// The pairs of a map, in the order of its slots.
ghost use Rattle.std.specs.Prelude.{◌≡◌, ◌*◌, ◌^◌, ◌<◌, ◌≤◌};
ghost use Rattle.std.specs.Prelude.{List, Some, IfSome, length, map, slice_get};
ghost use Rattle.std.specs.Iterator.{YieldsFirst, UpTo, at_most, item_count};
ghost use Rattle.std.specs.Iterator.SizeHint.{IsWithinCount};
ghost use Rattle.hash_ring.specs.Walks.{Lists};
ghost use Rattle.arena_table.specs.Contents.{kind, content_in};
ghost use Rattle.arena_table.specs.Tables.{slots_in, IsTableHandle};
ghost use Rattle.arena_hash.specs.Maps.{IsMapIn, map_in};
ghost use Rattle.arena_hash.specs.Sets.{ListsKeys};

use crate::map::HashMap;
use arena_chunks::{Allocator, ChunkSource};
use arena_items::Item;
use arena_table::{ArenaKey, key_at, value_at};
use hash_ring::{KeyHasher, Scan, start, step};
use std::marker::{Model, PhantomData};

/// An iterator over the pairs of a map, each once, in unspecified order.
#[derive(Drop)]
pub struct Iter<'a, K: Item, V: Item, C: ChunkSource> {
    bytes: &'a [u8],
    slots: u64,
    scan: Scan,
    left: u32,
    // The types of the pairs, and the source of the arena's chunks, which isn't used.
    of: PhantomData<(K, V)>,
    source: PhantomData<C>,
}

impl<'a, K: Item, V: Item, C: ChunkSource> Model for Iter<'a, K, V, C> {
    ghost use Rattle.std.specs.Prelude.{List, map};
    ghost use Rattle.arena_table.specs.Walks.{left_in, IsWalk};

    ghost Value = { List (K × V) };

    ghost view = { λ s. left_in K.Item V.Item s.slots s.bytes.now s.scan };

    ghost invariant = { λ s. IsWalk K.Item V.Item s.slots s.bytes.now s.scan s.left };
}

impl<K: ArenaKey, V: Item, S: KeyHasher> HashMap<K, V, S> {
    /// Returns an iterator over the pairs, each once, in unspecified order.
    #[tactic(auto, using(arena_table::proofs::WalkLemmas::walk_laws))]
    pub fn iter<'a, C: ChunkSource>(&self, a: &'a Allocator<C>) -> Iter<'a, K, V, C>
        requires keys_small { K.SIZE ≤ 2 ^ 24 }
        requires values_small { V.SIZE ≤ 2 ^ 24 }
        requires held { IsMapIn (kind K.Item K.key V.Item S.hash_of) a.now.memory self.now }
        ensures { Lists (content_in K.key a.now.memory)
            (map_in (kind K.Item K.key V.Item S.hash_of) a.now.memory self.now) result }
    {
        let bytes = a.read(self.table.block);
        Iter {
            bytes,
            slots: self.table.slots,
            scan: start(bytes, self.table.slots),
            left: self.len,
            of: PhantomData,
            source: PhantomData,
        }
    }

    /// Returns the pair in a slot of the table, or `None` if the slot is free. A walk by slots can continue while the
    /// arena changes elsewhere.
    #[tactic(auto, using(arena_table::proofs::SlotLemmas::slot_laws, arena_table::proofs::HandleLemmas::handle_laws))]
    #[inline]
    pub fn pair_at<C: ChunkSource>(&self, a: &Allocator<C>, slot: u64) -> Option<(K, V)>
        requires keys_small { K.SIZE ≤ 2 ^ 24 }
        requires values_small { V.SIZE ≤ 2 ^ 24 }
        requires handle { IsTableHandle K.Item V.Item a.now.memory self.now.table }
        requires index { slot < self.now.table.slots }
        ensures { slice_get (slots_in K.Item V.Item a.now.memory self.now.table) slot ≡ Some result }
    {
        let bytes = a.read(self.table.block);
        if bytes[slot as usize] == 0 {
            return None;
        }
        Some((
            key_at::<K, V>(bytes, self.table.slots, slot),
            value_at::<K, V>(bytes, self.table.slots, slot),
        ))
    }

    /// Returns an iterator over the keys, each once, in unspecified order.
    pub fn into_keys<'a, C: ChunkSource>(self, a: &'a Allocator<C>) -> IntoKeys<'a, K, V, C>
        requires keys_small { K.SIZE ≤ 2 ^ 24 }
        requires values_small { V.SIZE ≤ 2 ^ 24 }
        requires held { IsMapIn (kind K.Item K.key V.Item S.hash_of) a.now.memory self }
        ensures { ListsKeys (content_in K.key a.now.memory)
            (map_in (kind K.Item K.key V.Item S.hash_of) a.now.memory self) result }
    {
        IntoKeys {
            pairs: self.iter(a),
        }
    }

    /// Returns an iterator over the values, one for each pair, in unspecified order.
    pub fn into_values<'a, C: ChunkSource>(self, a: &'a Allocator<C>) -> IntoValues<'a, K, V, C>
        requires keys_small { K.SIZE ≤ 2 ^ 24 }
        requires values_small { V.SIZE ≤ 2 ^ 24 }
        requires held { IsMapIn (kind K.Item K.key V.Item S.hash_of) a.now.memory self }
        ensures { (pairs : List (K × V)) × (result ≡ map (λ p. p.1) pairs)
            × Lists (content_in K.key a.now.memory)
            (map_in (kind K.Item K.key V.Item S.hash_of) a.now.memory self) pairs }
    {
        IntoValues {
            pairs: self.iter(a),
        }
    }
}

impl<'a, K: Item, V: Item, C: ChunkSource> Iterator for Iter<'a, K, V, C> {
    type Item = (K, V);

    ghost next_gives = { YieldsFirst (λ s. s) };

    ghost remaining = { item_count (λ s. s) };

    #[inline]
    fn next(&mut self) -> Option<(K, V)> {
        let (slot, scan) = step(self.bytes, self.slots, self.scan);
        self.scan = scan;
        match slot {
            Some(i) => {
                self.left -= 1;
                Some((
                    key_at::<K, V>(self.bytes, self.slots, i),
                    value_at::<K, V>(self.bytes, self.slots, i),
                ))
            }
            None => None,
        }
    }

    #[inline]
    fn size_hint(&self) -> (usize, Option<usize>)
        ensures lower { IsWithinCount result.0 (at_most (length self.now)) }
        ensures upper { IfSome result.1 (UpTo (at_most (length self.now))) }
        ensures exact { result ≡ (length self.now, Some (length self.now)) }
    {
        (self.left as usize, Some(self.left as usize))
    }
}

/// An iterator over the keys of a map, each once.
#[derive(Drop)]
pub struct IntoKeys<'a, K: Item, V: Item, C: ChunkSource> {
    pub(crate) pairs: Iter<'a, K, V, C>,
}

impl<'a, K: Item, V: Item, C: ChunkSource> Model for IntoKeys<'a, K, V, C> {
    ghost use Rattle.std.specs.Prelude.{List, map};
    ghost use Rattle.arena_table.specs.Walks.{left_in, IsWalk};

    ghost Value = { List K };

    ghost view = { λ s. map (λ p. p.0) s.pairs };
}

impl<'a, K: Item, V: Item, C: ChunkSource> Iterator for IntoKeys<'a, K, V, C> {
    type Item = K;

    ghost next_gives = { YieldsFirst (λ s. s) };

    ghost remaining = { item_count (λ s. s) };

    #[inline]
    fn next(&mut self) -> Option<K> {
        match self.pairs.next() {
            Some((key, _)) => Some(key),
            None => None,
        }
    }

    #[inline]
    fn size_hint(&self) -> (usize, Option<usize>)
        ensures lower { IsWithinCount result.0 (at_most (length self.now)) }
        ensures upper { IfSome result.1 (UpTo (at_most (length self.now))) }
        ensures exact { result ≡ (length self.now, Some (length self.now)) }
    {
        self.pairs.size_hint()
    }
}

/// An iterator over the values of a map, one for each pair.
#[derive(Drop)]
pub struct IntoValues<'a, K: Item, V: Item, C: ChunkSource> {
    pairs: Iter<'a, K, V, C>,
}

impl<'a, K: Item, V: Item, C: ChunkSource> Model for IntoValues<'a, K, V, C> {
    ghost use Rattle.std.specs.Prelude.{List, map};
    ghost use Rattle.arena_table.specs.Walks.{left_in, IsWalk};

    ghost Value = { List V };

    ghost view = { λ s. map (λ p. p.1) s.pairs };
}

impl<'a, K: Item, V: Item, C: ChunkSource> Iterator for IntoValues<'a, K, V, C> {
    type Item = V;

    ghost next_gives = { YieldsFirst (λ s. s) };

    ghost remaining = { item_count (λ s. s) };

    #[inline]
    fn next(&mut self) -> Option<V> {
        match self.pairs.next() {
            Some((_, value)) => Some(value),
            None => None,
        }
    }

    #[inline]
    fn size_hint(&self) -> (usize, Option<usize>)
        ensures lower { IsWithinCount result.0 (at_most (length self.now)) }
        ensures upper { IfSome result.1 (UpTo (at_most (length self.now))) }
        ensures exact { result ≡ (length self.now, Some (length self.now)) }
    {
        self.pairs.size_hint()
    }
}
□ □ □
### [EXERCISE]
Find each line of the data above that holds the word "ListsKeys", then copy it.

### [REPLY TO THE EXERCISE]
ghost use Rattle.arena_hash.specs.Sets.{ListsKeys};
        ensures { ListsKeys (content_in K.key a.now.memory)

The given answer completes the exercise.